The efficiency of this source is not its only advantage. An HPS lamp also offers the longest life (over 24,000 hours) and best light retention characteristics of an HID source.

The main objection to using the HPS system is its yellowish color and poor color rendering. It is ideal primarily for certain warehouse and outdoor applications.

Metal Halide (MH)

Metal halide lamps are similar in structure to mercury lamps, with the addition of various other metallic elements in the arc tube. The main benefits of this change are an increase in efficiency from 60 to 100 lumens per watt and improved color rendering as this source is suitable for commercial areas.

The light control of a metal halide lamp is also more precise than that of a luxury mercury lamp because the light emanates from the small arc tube, not the entire outer bulb of the coated lamp.

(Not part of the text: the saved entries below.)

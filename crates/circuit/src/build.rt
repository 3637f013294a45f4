// Circuits, built up in order.
ghost use Rattle.std.specs.Prelude.{◌≡◌, ◌≤◌, ◌↔◌, map, length, IfOk, IsErrOf, is_ok, if◌then◌else◌, nat_lt};
ghost use Rattle.std.specs.List.{list_all};
ghost use Rattle.circuit.specs.Circuits.{empty, gate_of, there, fits, with_input, with_gate, with_output};
ghost use Rattle.circuit.specs.Held.{circuit_of, admits_gate, admits_output};

use crate::circuit::{Circuit, CircuitFault};
use crate::gate::{Gate, Signal};
use inline_list::Full;
use std::alloc::{AllocError, Global};

impl Circuit {
    pub const MOST_INPUTS: usize = 64;

    pub const MOST_GATES: usize = 256;

    pub const MOST_OUTPUTS: usize = 64;

    // A circuit of nothing, with room for the largest.
    pub fn new(heap: Global) -> Result<Circuit, AllocError>
        ensures { IfOk result (λ c. circuit_of c ≡ empty) }
    {
        let gates = Vec::with_capacity(heap, Self::MOST_GATES)?;
        let outputs = Vec::with_capacity(heap, Self::MOST_OUTPUTS)?;
        Ok(Circuit {
            inputs: 0,
            gates,
            outputs,
        })
    }

    pub fn inputs(&self) -> usize
        ensures { result ≡ (circuit_of self.now).inputs }
    {
        self.inputs
    }

    pub fn gates(&self) -> &[Gate]
        ensures { map gate_of result.now ≡ (circuit_of self.now).gates }
    {
        self.gates.as_slice()
    }

    pub fn outputs(&self) -> &[Signal]
        ensures { result.now ≡ (circuit_of self.now).outputs }
    {
        self.outputs.as_slice()
    }

    // Whether the signal is one of this circuit.
    pub fn has(&self, signal: Signal) -> bool
        ensures { result ≡ there self.now.inputs (length (circuit_of self.now).gates) signal }
    {
        match signal {
            Signal::Input(i) => i >= 1 && i <= self.inputs,
            Signal::Gate(g) => g >= 1 && g <= self.gates.len(),
        }
    }

    // Whether each of these signals is one of this circuit.
    fn has_all(&self, signals: &[Signal]) -> bool
        ensures { result ≡ list_all (there self.now.inputs (length (circuit_of self.now).gates)) signals.now }
    {
        signals.iter().all(|signal| self.has(*signal))
    }

    // Whether the gate's kind takes its operands, and each of them is there.
    fn fits(&self, gate: &Gate) -> bool
        ensures { result ≡ fits self.now.inputs (length (circuit_of self.now).gates) (gate_of gate.now) }
    {
        let operands = gate.operands.as_slice();
        gate.kind.takes(operands.len()) && self.has_all(operands)
    }

    pub fn clear(&mut self)
        ensures { circuit_of self.new ≡ empty }
    {
        self.outputs.clear();
        self.gates.clear();
        self.inputs = 0;
    }

    // One input more, unless there are 64.
    pub fn add_input(&mut self) -> Result<(), Full>
        ensures taken { is_ok result ≡ nat_lt (circuit_of self.old).inputs 64 }
        ensures after { circuit_of self.new ≡ (if is_ok result then with_input (circuit_of self.old) else circuit_of self.old) }
    {
        if self.inputs >= Self::MOST_INPUTS {
            return Err(Full);
        }
        self.inputs += 1;
        Ok(())
    }

    // One gate more, after the others, unless there are 256 or it does not fit there.
    pub fn add_gate(&mut self, gate: Gate) -> Result<(), CircuitFault>
        ensures taken { is_ok result ≡ admits_gate (circuit_of self.old) (gate_of gate) }
        ensures full { IsErrOf result CircuitFault.Full ↔ (256 ≤ length (circuit_of self.old).gates) }
        ensures after { circuit_of self.new ≡ (if is_ok result then with_gate (circuit_of self.old) (gate_of gate) else circuit_of self.old) }
    {
        if self.gates.len() >= Self::MOST_GATES {
            return Err(CircuitFault::Full);
        }
        if !self.fits(&gate) {
            return Err(CircuitFault::Unfit);
        }
        self.gates.push_reserved(gate);
        Ok(())
    }

    // One output more, unless there are 64 or the signal is none of the circuit.
    pub fn add_output(&mut self, signal: Signal) -> Result<(), CircuitFault>
        ensures taken { is_ok result ≡ admits_output (circuit_of self.old) signal }
        ensures full { IsErrOf result CircuitFault.Full ↔ (64 ≤ length (circuit_of self.old).outputs) }
        ensures after { circuit_of self.new ≡ (if is_ok result then with_output (circuit_of self.old) signal else circuit_of self.old) }
    {
        if self.outputs.len() >= Self::MOST_OUTPUTS {
            return Err(CircuitFault::Full);
        }
        if !self.has(signal) {
            return Err(CircuitFault::Unfit);
        }
        self.outputs.push_reserved(signal);
        Ok(())
    }
}
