// What came of the calls played.
ghost use Rattle.std.specs.Prelude.{◌≡◌, ◌+◌, ◌*◌, ◌-◌, ◌%◌, ◌^◌, ◌↔◌, IsTrue, slice_index, slice_set};
ghost use Rattle.solver.specs.Refusals.{number};
ghost use Rattle.conformance.specs.Tallies.{up, code, CountsAnswer};

use crate::answer::Answer;
use solver::SolverFault;
use std::fmt;

// One more, up to the most that 32 bits hold.
fn raise(count: &mut u32)
    ensures { count.new ≡ up count.old }
{
    *count = count.saturating_add(1);
}

#[derive(Clone, Copy, Default)]
pub struct Tally {
    pub calls: u32,
    pub accepted: u32,
    pub yes: u32,
    pub no: u32,
    pub refused: [u32; 5],
    pub mismatches: u32,
    pub digest: u32,
}

impl Tally {
    // Counts an answer.
    pub fn count(&mut self, told: Answer, expected: Answer)
        ensures { CountsAnswer self.old self.new (code told) (code expected) }
    {
        raise(&mut self.calls);
        if told != expected {
            self.mismatch();
        }
        match told {
            Answer::No => raise(&mut self.no),
            Answer::Yes => raise(&mut self.yes),
            Answer::Done | Answer::Zero | Answer::One => raise(&mut self.accepted),
            Answer::Refused(fault) => self.refuse(fault),
        }
    }

    fn refuse(&mut self, fault: SolverFault)
        ensures { let kind = number fault - 20 in self.new ≡ record self.old { refused = slice_set self.old.refused kind (up (slice_index self.old.refused kind)) } }
    {
        let kind = (fault.number() - 20) as usize;
        self.refused[kind] = self.refused[kind].saturating_add(1);
    }

    pub fn mismatch(&mut self)
        ensures { self.new ≡ record self.old { mismatches = up self.old.mismatches } }
    {
        raise(&mut self.mismatches);
    }

    // Takes an answer that leaves no choice into the digest.
    pub fn fix(&mut self, told: Answer)
        ensures { self.new ≡ record self.old { digest = (self.old.digest * 31 + code told) % 2 ^ 32 } }
    {
        self.digest = self.digest.wrapping_mul(31).wrapping_add(told.code());
    }

    // Whether two solvers gave the same answers.
    pub fn agrees(&self, other: &Tally) -> bool
        ensures { IsTrue result ↔ (self.now.digest ≡ other.now.digest) }
    {
        self.digest == other.digest
    }
}

impl fmt::Display for Tally {
    fn fmt<W: fmt::Write>(&self, f: &mut fmt::Formatter<W>) -> fmt::Result {
        let Tally {
            calls,
            accepted,
            yes,
            no,
            refused,
            mismatches,
            digest,
        } = *self;
        let [variables, unknown, length, room, value] = refused;
        write!(
            f,
            "{calls} calls, {accepted} done, {yes} yes, {no} no, refused 20 {variables}, 21 {unknown}, 22 {length}, 23 {room}, 24 {value}, "
        )?;
        write!(f, "answers {digest}, mismatches {mismatches}")
    }
}
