// What a call told.
ghost use Rattle.std.specs.Prelude.{◌≡◌, MatchResult, if◌then◌else◌};
ghost use Rattle.conformance.specs.Tallies.{code};

use solver::SolverFault;

#[derive(Clone, Copy, PartialEq, Eq)]
pub enum Answer {
    No,
    Yes,
    Done,
    Zero,
    One,
    Refused(SolverFault),
}

impl Answer {
    pub fn done(told: Result<(), SolverFault>) -> Answer
        ensures { MatchResult told (λ _. result ≡ Answer.Done) (λ fault. result ≡ Answer.Refused fault) }
    {
        match told {
            Ok(()) => Answer::Done,
            Err(fault) => Answer::Refused(fault),
        }
    }

    // One of two answers, by what was told.
    fn of_two(told: Result<bool, SolverFault>, no: Answer, yes: Answer) -> Answer
        ensures { MatchResult told (λ told. result ≡ (if told then yes else no)) (λ fault. result ≡ Answer.Refused fault) }
    {
        match told {
            Ok(false) => no,
            Ok(true) => yes,
            Err(fault) => Answer::Refused(fault),
        }
    }

    pub fn solved(told: Result<bool, SolverFault>) -> Answer
        ensures { MatchResult told (λ yes. result ≡ (if yes then Answer.Yes else Answer.No)) (λ fault. result ≡ Answer.Refused fault) }
    {
        Answer::of_two(told, Answer::No, Answer::Yes)
    }

    pub fn value(told: Result<bool, SolverFault>) -> Answer
        ensures { MatchResult told (λ one. result ≡ (if one then Answer.One else Answer.Zero)) (λ fault. result ≡ Answer.Refused fault) }
    {
        Answer::of_two(told, Answer::Zero, Answer::One)
    }

    // The number by which the digest knows an answer.
    pub fn code(self) -> u32
        ensures { result ≡ code self }
    {
        // Kept: a variant that holds a fault has no number of its own.
        match self {
            Answer::No => 0,
            Answer::Yes => 1,
            Answer::Done => 2,
            Answer::Zero => 3,
            Answer::One => 4,
            Answer::Refused(fault) => u32::from(fault.number()),
        }
    }
}
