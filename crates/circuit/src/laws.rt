// Laws of the definitions: each function does nothing, and its contract is the law.
ghost use Rattle.circuit.specs.KindLaws.{KindsAsNamed};

pub fn kinds_compute_as_named()
    ensures { KindsAsNamed }
{}
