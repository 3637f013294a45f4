// Plays a script to a solver, beside a truth table.
use crate::answer::Answer;
use crate::model::Model;
use crate::script::{Call, Script};
use crate::tally::Tally;
use solver::{Solver, SolverFault};

// Kept: the solver, the table and the tally as three parameters; in one struct the solver's soundness would be asked of each method as here.

// The number of the row shown, read variable by variable.
fn row_shown<S: Solver>(solver: &S, vars: usize) -> Option<usize>
    requires { S.Solver.sound solver.now }
{
    let mut row = 0;
    for variable in 1..=vars.min(10) {
        if solver.value(variable).ok()? {
            row |= 1 << (variable - 1);
        }
    }
    Some(row)
}

// Solves, and looks at the row that is then shown.
fn solve<S: Solver>(solver: &mut S, model: &mut Model, assumed: &[i32], tally: &mut Tally)
    requires { S.Solver.sound solver.old }
    ensures { S.Solver.sound solver.new }
{
    let told = solver.solve(assumed);
    let expected = model.solve(assumed);
    tally.count(Answer::solved(told), Answer::solved(expected));
    tally.fix(Answer::solved(told));
    if let Ok(yes) = told {
        let row = if yes {
            row_shown(solver, model.vars())
        } else {
            None
        };
        if !model.show(row, assumed) || row.is_some() != yes {
            tally.mismatch();
        }
    }
}

fn begin<S: Solver>(solver: &mut S, model: &mut Model, vars: usize, tally: &mut Tally)
    requires { S.Solver.sound solver.old }
    ensures { S.Solver.sound solver.new }
{
    let told = Answer::done(solver.begin(vars));
    tally.count(told, Answer::done(model.begin(vars)));
    tally.fix(told);
}

// Adds, unless the truth table has no room for what the solver may have room for.
fn add<S: Solver>(solver: &mut S, model: &mut Model, clause: &[i32], tally: &mut Tally)
    requires { S.Solver.sound solver.old }
    ensures { S.Solver.sound solver.new }
{
    let expected = Answer::done(model.add(clause));
    if expected != Answer::Refused(SolverFault::NoRoom) || model.full_room() == solver.full_room() {
        let told = Answer::done(solver.add(clause));
        tally.count(told, expected);
        tally.fix(told);
    }
}

// Plays so many calls to a solver, beside a truth table of its sizes or of smaller ones.
pub fn play<S: Solver>(solver: &mut S, mut model: Model, mut script: Script, calls: u32) -> Tally
    requires { S.Solver.sound solver.old }
    ensures { S.Solver.sound solver.new }
{
    let mut tally = Tally::default();
    let _ = solver.begin(0);
    for _ in 0..calls {
        match script.next() {
            Call::Begin(vars) => begin(solver, &mut model, vars, &mut tally),
            Call::Add(clause) => add(solver, &mut model, clause.as_slice(), &mut tally),
            Call::Solve(assumed) => solve(solver, &mut model, assumed.as_slice(), &mut tally),
            Call::Value(variable) => tally.count(
                Answer::value(solver.value(variable)),
                Answer::value(model.value(variable)),
            ),
        }
    }
    tally
}
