// Pseudo-random calls: good ones, and ones that each question is to refuse.
ghost use Rattle.std.specs.Prelude.{◌<◌, ◌≤◌};

use crate::draws::{Draws, Literals};

#[derive(Clone, Copy)]
pub enum Call {
    Begin(usize),
    Add(Literals),
    Solve(Literals),
    Value(usize),
}

// vars are in use, at most most; one call in every is a begin; no clause is longer than longest.
#[derive(Clone, Copy)]
pub struct Script {
    draws: Draws,
    vars: u32,
    most: u32,
    every: u32,
    longest: usize,
    ghost in_range: { vars ≤ 10 },
    ghost small: { most ≤ 10 },
    ghost begins: { 0 < every },
    ghost fits: { longest ≤ 18 },
}

impl Script {
    ghost use Rattle.conformance.specs.Scripts.{KeepsTo, SameSettings, Starts};

    pub fn new(seed: u32, most: u32, every: u32) -> Script
        ensures { Starts seed most every 18 result }
    {
        Script {
            draws: Draws { seed },
            vars: 0,
            most: most.min(10),
            every: every.max(1),
            longest: 18,
        }
    }

    // The same, with clauses of up to three literals.
    pub fn of_threes(seed: u32, most: u32, every: u32) -> Script
        ensures { Starts seed most every 3 result }
    {
        let mut script = Script::new(seed, most, every);
        script.longest = 3;
        script
    }

    fn begin(&mut self) -> Call
        ensures within { KeepsTo self.old.longest result }
        ensures settings { SameSettings self.old self.new }
    {
        match self.draws.pick(8) {
            0 => Call::Begin(usize::MAX),
            1 => Call::Begin(25),
            _ => {
                let below = self.most + 1;
                self.vars = self.draws.pick(below);
                Call::Begin(self.vars as usize)
            }
        }
    }

    pub fn next(&mut self) -> Call
        ensures within { KeepsTo self.old.longest result }
        ensures settings { SameSettings self.old self.new }
    {
        let every = self.every;
        if self.draws.pick(every) == 0 {
            return self.begin();
        }
        let vars = self.vars;
        let longest = self.longest;
        match self.draws.pick(8) {
            0..=2 => {
                let len = self.draws.length(longest);
                Call::Add(self.draws.literals(vars, len))
            }
            3..=5 => {
                let len = self.draws.pick(4) as usize;
                Call::Solve(self.draws.literals(vars, len))
            }
            _ => Call::Value(self.draws.pick(vars + 2) as usize),
        }
    }
}
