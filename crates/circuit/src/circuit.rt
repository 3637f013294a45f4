// A circuit. Its tables have room for the largest that may be read, so adding to it needs no memory.
ghost use Rattle.std.specs.Prelude.{◌≡◌, ◌≤◌, true, map, vec_len, vec_capacity};
ghost use Rattle.std.specs.List.{list_all};
ghost use Rattle.circuit.specs.Circuits.{gate_of, there, wired};

use crate::gate::{Gate, Signal};

#[derive(Drop)]
pub struct Circuit {
    pub(crate) inputs: usize,
    pub(crate) gates: Vec<Gate>,
    pub(crate) outputs: Vec<Signal>,
    ghost few_inputs: { inputs ≤ 64 },
    ghost few_gates: { vec_len gates ≤ 256 },
    ghost few_outputs: { vec_len outputs ≤ 64 },
    ghost in_order: { wired inputs 0 (map gate_of gates.items) ≡ true },
    ghost shown: { list_all (there inputs (vec_len gates)) outputs.items ≡ true },
    ghost gate_room: { 256 ≤ vec_capacity gates },
    ghost output_room: { 64 ≤ vec_capacity outputs },
}

// Why a gate or an output is not added.
#[derive(Clone, Copy, PartialEq, Eq, Debug)]
pub enum CircuitFault {
    // there are as many as there may be
    Full,
    // the gate's kind does not take its operands, or a signal is none of those there
    Unfit,
}
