// Circuits: kinds of gates, signals, gates with their operands, and circuits that are sound by their type.
#![tactic(auto)]

mod build;
mod circuit;
mod gate;
mod kind;
mod laws;

pub use circuit::{Circuit, CircuitFault};
pub use gate::{Gate, Operands, Signal};
pub use kind::Kind;
pub use laws::kinds_compute_as_named;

Pulse start metal halide lamps have several advantages over standard metal halide (probe start) lamps:

• Superior efficiency (110 lumens per watt),
• Longer life, and
• Better light retention.

A disadvantage of the metal halide lamp is its shorter lifespan (7,500 to 20,000 hours) compared to high-pressure mercury and sodium lamps.

The start-up time of the metal halide lamp is approximately the same as that of mercury lamps. Restarting after the lamp has turned off can take much longer, ranging from 4 to 12 minutes depending on how long it takes for the lamp to cool down.

Low-Pressure Sodium (LPS)

Low-Pressure Sodium offers the highest initial efficiency of any lamp on the market today, ranging from 100 to 180 lumens per watt. However, since all LPS outputs are in the yellow part of the visible spectrum, color rendering is extremely poor and unattractive.

Controlling this source is more difficult than with HID sources due to the large size of the arc tube.

The average lifespan of low-pressure sodium lamps is 18,000 hours. Although LPS maintains luminous flux well throughout life, there is a compensating increase in lamp wattage, which reduces the efficiency of this type of lamp in use.